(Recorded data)
---
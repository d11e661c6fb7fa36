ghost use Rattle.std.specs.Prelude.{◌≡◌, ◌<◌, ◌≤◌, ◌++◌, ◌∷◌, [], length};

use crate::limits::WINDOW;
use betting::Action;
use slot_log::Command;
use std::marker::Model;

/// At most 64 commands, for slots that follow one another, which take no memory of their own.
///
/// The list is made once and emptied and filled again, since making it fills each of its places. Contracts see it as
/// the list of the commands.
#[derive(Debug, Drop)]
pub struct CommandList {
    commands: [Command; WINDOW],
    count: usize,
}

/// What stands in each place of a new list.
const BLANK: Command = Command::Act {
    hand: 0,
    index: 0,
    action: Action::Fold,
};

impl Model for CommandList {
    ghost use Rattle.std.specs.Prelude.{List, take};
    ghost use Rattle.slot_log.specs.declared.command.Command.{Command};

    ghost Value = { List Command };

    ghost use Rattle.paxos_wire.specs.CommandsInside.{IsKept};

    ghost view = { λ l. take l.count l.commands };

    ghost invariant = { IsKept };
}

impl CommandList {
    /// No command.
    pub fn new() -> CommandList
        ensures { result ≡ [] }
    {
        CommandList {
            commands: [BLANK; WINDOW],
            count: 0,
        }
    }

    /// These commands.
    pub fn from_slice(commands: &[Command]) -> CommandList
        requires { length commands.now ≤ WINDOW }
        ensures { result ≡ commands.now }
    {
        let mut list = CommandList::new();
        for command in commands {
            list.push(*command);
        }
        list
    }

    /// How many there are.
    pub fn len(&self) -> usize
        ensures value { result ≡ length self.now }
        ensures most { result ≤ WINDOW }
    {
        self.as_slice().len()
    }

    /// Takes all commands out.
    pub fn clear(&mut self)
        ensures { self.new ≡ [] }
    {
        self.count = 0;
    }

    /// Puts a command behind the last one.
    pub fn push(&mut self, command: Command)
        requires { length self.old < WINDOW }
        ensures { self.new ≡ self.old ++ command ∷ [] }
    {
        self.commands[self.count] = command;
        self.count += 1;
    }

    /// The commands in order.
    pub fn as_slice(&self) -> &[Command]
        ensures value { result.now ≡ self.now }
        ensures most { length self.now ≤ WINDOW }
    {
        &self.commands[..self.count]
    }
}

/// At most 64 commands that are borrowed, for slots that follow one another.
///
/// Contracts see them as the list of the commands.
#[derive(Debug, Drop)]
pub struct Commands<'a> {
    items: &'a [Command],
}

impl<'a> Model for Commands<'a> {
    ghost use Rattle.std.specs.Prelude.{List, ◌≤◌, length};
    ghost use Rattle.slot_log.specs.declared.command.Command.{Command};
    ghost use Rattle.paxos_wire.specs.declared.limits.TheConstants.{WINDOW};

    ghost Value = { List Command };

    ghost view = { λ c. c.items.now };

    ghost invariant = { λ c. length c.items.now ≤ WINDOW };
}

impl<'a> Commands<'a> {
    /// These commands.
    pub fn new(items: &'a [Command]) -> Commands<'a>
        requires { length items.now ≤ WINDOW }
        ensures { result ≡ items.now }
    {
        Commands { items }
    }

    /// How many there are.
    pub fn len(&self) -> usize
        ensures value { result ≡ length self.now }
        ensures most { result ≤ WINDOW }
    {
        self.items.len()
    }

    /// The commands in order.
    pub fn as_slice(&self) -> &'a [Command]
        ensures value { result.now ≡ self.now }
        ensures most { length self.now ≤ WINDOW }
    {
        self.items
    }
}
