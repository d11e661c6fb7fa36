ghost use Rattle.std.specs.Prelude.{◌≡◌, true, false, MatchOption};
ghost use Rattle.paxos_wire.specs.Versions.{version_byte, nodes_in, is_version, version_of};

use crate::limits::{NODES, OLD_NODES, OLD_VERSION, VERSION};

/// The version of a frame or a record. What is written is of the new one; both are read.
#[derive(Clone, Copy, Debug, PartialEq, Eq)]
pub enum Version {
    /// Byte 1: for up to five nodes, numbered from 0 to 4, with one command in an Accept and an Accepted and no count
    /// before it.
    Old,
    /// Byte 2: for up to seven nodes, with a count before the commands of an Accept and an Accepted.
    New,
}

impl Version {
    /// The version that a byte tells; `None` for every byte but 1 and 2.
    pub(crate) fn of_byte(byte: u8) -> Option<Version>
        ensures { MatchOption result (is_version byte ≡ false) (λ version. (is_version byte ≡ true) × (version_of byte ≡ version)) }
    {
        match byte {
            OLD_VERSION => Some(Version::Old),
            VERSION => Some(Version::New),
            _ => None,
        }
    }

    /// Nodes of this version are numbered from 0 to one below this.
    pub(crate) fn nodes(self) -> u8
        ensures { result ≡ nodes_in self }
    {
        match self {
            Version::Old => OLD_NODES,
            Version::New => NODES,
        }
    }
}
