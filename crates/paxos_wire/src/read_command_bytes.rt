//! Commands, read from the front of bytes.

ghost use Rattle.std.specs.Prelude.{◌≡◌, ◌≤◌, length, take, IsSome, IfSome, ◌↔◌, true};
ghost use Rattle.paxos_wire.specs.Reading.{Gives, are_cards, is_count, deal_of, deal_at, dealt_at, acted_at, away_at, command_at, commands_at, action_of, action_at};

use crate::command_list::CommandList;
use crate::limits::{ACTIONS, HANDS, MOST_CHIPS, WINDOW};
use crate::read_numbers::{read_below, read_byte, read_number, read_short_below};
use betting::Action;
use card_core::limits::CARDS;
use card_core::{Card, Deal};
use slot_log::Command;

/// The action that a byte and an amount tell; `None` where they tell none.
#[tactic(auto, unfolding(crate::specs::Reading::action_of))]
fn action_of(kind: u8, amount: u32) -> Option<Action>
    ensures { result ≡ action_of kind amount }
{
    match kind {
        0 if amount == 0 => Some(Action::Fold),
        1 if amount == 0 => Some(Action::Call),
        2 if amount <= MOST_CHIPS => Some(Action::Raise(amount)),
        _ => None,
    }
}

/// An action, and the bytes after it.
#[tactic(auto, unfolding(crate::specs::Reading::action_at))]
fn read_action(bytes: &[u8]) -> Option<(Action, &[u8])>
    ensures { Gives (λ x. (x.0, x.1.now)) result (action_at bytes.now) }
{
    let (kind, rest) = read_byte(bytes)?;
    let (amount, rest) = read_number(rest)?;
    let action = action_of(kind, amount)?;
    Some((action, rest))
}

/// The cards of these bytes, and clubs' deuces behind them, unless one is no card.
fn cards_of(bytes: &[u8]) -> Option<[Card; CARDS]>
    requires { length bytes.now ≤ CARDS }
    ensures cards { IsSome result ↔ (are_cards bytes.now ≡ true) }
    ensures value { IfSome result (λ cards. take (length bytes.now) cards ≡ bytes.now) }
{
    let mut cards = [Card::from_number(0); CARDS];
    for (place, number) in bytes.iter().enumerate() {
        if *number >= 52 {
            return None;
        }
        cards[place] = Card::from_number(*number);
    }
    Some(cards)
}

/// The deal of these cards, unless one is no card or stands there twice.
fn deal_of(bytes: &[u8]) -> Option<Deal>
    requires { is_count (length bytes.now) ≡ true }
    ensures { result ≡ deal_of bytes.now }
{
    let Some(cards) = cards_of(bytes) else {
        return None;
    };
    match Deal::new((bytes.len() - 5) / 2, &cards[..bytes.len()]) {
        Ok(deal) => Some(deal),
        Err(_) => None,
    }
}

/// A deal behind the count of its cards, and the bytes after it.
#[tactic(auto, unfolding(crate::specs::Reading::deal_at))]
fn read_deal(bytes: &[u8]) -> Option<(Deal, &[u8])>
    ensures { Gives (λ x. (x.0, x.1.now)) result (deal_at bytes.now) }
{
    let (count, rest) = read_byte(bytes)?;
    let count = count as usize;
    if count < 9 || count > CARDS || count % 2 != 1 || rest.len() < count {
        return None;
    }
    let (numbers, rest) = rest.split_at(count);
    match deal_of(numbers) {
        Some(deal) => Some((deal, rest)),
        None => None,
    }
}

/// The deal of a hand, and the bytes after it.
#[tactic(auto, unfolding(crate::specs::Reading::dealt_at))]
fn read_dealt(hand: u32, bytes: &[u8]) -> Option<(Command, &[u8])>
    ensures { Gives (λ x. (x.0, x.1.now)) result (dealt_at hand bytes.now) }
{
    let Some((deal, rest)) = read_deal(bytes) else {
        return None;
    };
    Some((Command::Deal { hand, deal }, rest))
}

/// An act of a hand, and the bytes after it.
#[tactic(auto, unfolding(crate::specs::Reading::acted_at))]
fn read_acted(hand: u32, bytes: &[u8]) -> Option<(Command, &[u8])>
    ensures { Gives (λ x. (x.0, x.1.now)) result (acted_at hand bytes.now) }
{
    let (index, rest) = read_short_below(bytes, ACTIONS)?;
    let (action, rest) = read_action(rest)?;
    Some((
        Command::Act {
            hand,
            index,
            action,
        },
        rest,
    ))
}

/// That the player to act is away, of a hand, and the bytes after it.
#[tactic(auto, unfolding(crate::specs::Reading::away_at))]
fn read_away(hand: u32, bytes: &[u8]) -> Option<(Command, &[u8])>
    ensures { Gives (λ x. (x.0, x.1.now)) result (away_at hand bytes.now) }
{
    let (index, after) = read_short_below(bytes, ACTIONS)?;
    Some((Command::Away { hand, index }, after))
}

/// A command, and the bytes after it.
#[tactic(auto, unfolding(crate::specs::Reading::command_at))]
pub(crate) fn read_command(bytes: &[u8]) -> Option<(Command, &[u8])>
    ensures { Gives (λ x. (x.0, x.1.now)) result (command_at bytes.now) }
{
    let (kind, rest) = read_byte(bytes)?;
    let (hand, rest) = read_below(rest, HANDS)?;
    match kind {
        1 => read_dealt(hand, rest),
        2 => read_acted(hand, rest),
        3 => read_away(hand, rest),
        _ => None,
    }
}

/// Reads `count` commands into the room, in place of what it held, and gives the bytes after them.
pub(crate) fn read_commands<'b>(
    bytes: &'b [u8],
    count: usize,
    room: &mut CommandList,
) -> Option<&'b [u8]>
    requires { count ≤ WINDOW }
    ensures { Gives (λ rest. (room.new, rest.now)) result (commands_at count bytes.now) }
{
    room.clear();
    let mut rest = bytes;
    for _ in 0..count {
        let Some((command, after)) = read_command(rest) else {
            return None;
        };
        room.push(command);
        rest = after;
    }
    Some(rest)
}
---
* **What you have to do**
The answer should be a single number: how many lines of the entries hold "requires".

* **Task solution**
6